Just a few days before, on October 20, General Douglas MacArthur waded ashore on the island of Leyte to the south, fulfilling his pledge to “return” to the Philippines and liberate it from Japanese occupation. That summer, the U.S. Pacific carrier fleet had met the remaining Japanese carriers off the Marianas Islands.

In the “Great Marianas Turkey Shoot,” U.S. pilots had wiped out their Japanese counterparts in the air. With its carriers denuded of aircraft, Japan now looked to its surface fleet based in Singapore, including its two mega-battleships the Yamato and Musashi, to sail to the Philippines and obliterate the American landing force on the beaches.

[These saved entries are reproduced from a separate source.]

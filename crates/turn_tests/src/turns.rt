ghost use Rattle.std.specs.Prelude.{IfOk};
ghost use Rattle.tentative_turn.specs.Turn.{IsDosync};

use core_syntax::NodeId;
use serial_model::{Answer, Entry, Request};
use std::alloc::{AllocError, Global};
use std::test::Fail;
use tentative_turn::{Ahead, Held, HeldEffect};
use value_core::{Name, Text, Value, Values};

pub(crate) fn name(alloc: Global, text: &str) -> Result<Name, AllocError> {
    Name::read(alloc, text.as_bytes()).map_err(|_| AllocError)
}

/// The turn 0.1.7 of the actor 0.1, which has made so many things.
fn begun(alloc: Global, made: u32) -> Result<Held, AllocError> {
    let take = Entry::Take(name(alloc, "0.1")?, name(alloc, "0")?);
    Held::new(alloc, take, name(alloc, "0.1.7")?, made)
}

/// The kinds of request that a turn may run ahead over, by a letter.
pub(crate) fn request(alloc: Global, kind: char) -> Result<Request, AllocError>
    ensures { IfOk result (λ asked. ¬ IsDosync asked) }
{
    match kind {
        'p' => Ok(Request::Print(Text::from_bytes(alloc, b"1")?)),
        'n' => Ok(Request::NewRef(Value::Nil)),
        'd' => Ok(Request::Deref(name(alloc, "0.2")?)),
        'r' => Ok(Request::RefSet(name(alloc, "0.2")?, Value::Nil)),
        'f' => Ok(Request::Fork(NodeId { index: 0 }, Values::new(alloc))),
        'j' => Ok(Request::Join(name(alloc, "0.3")?)),
        'a' => Ok(Request::Spawn(0, Values::new(alloc))),
        's' => Ok(Request::Send(name(alloc, "0.1")?, Values::new(alloc))),
        'b' => Ok(Request::Become(0, Values::new(alloc))),
        _ => Ok(Request::SelfActor),
    }
}

pub(crate) fn letter(request: &Request) -> char {
    match request {
        Request::Print(_) => 'p',
        Request::NewRef(_) => 'n',
        Request::Deref(_) => 'd',
        Request::RefSet(_, _) => 'r',
        Request::Fork(_, _) => 'f',
        Request::Join(_) => 'j',
        Request::Dosync(_, _) => 't',
        Request::Spawn(_, _) => 'a',
        Request::Send(_, _) => 's',
        Request::Become(_, _) => 'b',
        Request::SelfActor => 'o',
    }
}

/// The answer in words, with the name in it.
fn words(alloc: Global, answer: &Answer) -> Result<String, AllocError> {
    match answer {
        Answer::Value(Value::Nil) => format!(in alloc; "nil"),
        Answer::Value(Value::Ref(name)) => format!(in alloc; "ref {:?}", name.parts()),
        Answer::Value(Value::Future(name)) => format!(in alloc; "future {:?}", name.parts()),
        Answer::Value(Value::Actor(name)) => format!(in alloc; "actor {:?}", name.parts()),
        _ => format!(in alloc; "another"),
    }
}

/// What becomes of a request, in words.
pub(crate) fn told(alloc: Global, ahead: &Ahead) -> Result<String, AllocError> {
    match ahead {
        Ahead::Answered(answer) => words(alloc, answer),
        Ahead::MustWait(back) => format!(in alloc; "wait {}", letter(back)),
    }
}

/// What becomes of the request, in words.
fn tried(alloc: Global, held: &mut Held, kind: char) -> Result<String, AllocError> {
    let asked = request(alloc, kind)?;
    let ahead = held.run_ahead(alloc, asked)?;
    told(alloc, &ahead)
}

#[test]
fn requests_run_ahead_or_wait(rt: HostRuntime) -> Result<(), Fail> {
    let alloc = rt.alloc();
    let mut held = begun(alloc, 0)?;
    let rows = [
        ('p', "nil"),
        ('n', "ref [0, 1, 7, 0]"),
        ('d', "wait d"),
        ('f', "future [0, 1, 7, 1]"),
        ('r', "wait r"),
        ('a', "actor [0, 1, 7, 2]"),
        ('j', "wait j"),
        ('s', "nil"),
        ('b', "nil"),
        ('o', "actor [0, 1]"),
    ];
    for (kind, wanted) in rows {
        assert_eq!(rt; tried(alloc, &mut held, kind)?.as_str(), wanted);
    }
    Ok(())
}

/// The letter of the effect's request, or `T` for the `Take`.
fn effect_letter(effect: &HeldEffect) -> char {
    match effect {
        HeldEffect::Take(_) => 'T',
        HeldEffect::Asked(request, _) => letter(request),
    }
}

/// A letter for each effect that is held, in the order in which they are flushed.
fn flushed(alloc: Global, mut held: Held) -> Result<String, AllocError> {
    let mut letters = String::new(alloc);
    for _ in 0..9 {
        match held.flush() {
            Some(effect) => letters.push(effect_letter(&effect))?,
            None => letters.push('.')?,
        }
    }
    Ok(letters)
}

#[test]
fn effects_settle_in_their_order(rt: HostRuntime) -> Result<(), Fail> {
    let alloc = rt.alloc();
    let mut held = begun(alloc, 0)?;
    for kind in ['s', 'd', 'p', 'a', 'o', 'j', 'b'] {
        tried(alloc, &mut held, kind)?;
    }
    let copied = held.copy(alloc)?;
    assert!(rt; matches!(copied.next_held(), Some(HeldEffect::Take(_))));
    assert_eq!(rt; flushed(alloc, copied)?.as_str(), "Tspaob...");
    assert_eq!(rt; flushed(alloc, held)?.as_str(), "Tspaob...");
    Ok(())
}

#[test]
fn things_are_counted_up_to_32_bits(rt: HostRuntime) -> Result<(), Fail> {
    let alloc = rt.alloc();
    let mut held = begun(alloc, u32::MAX - 1)?;
    let last = tried(alloc, &mut held, 'n')?;
    assert_eq!(rt; last.as_str(), "ref [0, 1, 7, 4294967294]");
    assert!(rt; tried(alloc, &mut held, 'a').is_err());
    assert_eq!(rt; tried(alloc, &mut held, 'p')?.as_str(), "nil");
    assert_eq!(rt; flushed(alloc, held)?.as_str(), "Tnp......");
    Ok(())
}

READ MORE: Adapting to the Jet Age in a Fouga Magister

Off the east coast of the Philippines, Task Force 38, under the command of Admiral William Halsey, consisted of nearly a dozen full-size fleet carriers plus a score of smaller escort carriers, assigned to provide air cover for the landing. On the morning of October 24, planes aboard the Essex were fueling to take part in a strike on the advancing Japanese battleships, which had been detected by American submarines steaming toward the landing beaches through the archipelago south of Luzon.

[Courtesy: Patrick Chovanec]

In the starting days of WWII, the U.S. Navy’s main carrier-based fighter had been the Grumman F4F Wildcat. The creator of the Wildcat—and later the Hellcat—was Leroy Grumman, who headed a relatively modest aircraft company of the same name based on Long Island, New York.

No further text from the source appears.